Go through the listing and copy every line word for word.
Task input Block Start
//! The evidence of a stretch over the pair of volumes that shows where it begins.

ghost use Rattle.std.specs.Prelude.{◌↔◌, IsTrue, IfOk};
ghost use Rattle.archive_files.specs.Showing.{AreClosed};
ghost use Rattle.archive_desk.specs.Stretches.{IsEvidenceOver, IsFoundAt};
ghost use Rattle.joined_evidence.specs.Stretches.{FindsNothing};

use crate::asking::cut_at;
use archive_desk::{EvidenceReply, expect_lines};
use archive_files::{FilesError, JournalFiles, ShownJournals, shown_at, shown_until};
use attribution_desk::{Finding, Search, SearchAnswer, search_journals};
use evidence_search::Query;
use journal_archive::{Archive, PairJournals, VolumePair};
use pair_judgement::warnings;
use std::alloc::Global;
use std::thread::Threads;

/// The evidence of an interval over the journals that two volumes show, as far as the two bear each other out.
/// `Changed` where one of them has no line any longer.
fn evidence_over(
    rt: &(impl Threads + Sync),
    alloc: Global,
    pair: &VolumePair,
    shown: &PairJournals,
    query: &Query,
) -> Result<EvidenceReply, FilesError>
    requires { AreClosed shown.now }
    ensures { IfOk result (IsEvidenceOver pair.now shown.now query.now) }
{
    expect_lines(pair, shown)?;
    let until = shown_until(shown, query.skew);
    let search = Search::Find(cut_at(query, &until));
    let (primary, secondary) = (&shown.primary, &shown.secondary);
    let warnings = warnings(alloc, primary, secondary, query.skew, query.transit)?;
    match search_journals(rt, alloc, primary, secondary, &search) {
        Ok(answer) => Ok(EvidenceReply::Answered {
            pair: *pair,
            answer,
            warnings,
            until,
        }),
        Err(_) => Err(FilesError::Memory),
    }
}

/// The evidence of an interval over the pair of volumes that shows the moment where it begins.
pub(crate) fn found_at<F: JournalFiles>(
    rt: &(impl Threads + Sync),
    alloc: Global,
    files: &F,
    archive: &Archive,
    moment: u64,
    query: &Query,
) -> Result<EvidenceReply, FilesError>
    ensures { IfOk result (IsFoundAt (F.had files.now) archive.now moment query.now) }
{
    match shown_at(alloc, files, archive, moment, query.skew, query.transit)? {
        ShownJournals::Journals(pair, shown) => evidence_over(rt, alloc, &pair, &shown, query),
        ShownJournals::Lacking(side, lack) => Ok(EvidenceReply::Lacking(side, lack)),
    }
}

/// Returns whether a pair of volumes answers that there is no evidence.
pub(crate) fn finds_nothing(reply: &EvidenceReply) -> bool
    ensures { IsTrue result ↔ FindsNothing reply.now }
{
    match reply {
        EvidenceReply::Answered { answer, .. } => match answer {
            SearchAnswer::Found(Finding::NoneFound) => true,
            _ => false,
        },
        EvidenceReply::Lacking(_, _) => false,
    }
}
Task input Block End
# Exercise output
//! The evidence of a stretch over the pair of volumes that shows where it begins.

ghost use Rattle.std.specs.Prelude.{◌↔◌, IsTrue, IfOk};
ghost use Rattle.archive_files.specs.Showing.{AreClosed};
ghost use Rattle.archive_desk.specs.Stretches.{IsEvidenceOver, IsFoundAt};
ghost use Rattle.joined_evidence.specs.Stretches.{FindsNothing};

use crate::asking::cut_at;
use archive_desk::{EvidenceReply, expect_lines};
use archive_files::{FilesError, JournalFiles, ShownJournals, shown_at, shown_until};
use attribution_desk::{Finding, Search, SearchAnswer, search_journals};
use evidence_search::Query;
use journal_archive::{Archive, PairJournals, VolumePair};
use pair_judgement::warnings;
use std::alloc::Global;
use std::thread::Threads;

/// The evidence of an interval over the journals that two volumes show, as far as the two bear each other out.
/// `Changed` where one of them has no line any longer.
fn evidence_over(
    rt: &(impl Threads + Sync),
    alloc: Global,
    pair: &VolumePair,
    shown: &PairJournals,
    query: &Query,
) -> Result<EvidenceReply, FilesError>
    requires { AreClosed shown.now }
    ensures { IfOk result (IsEvidenceOver pair.now shown.now query.now) }
{
    expect_lines(pair, shown)?;
    let until = shown_until(shown, query.skew);
    let search = Search::Find(cut_at(query, &until));
    let (primary, secondary) = (&shown.primary, &shown.secondary);
    let warnings = warnings(alloc, primary, secondary, query.skew, query.transit)?;
    match search_journals(rt, alloc, primary, secondary, &search) {
        Ok(answer) => Ok(EvidenceReply::Answered {
            pair: *pair,
            answer,
            warnings,
            until,
        }),
        Err(_) => Err(FilesError::Memory),
    }
}

/// The evidence of an interval over the pair of volumes that shows the moment where it begins.
pub(crate) fn found_at<F: JournalFiles>(
    rt: &(impl Threads + Sync),
    alloc: Global,
    files: &F,
    archive: &Archive,
    moment: u64,
    query: &Query,
) -> Result<EvidenceReply, FilesError>
    ensures { IfOk result (IsFoundAt (F.had files.now) archive.now moment query.now) }
{
    match shown_at(alloc, files, archive, moment, query.skew, query.transit)? {
        ShownJournals::Journals(pair, shown) => evidence_over(rt, alloc, &pair, &shown, query),
        ShownJournals::Lacking(side, lack) => Ok(EvidenceReply::Lacking(side, lack)),
    }
}

/// Returns whether a pair of volumes answers that there is no evidence.
pub(crate) fn finds_nothing(reply: &EvidenceReply) -> bool
    ensures { IsTrue result ↔ FindsNothing reply.now }
{
    match reply {
        EvidenceReply::Answered { answer, .. } => match answer {
            SearchAnswer::Found(Finding::NoneFound) => true,
            _ => false,
        },
        EvidenceReply::Lacking(_, _) => false,
    }
}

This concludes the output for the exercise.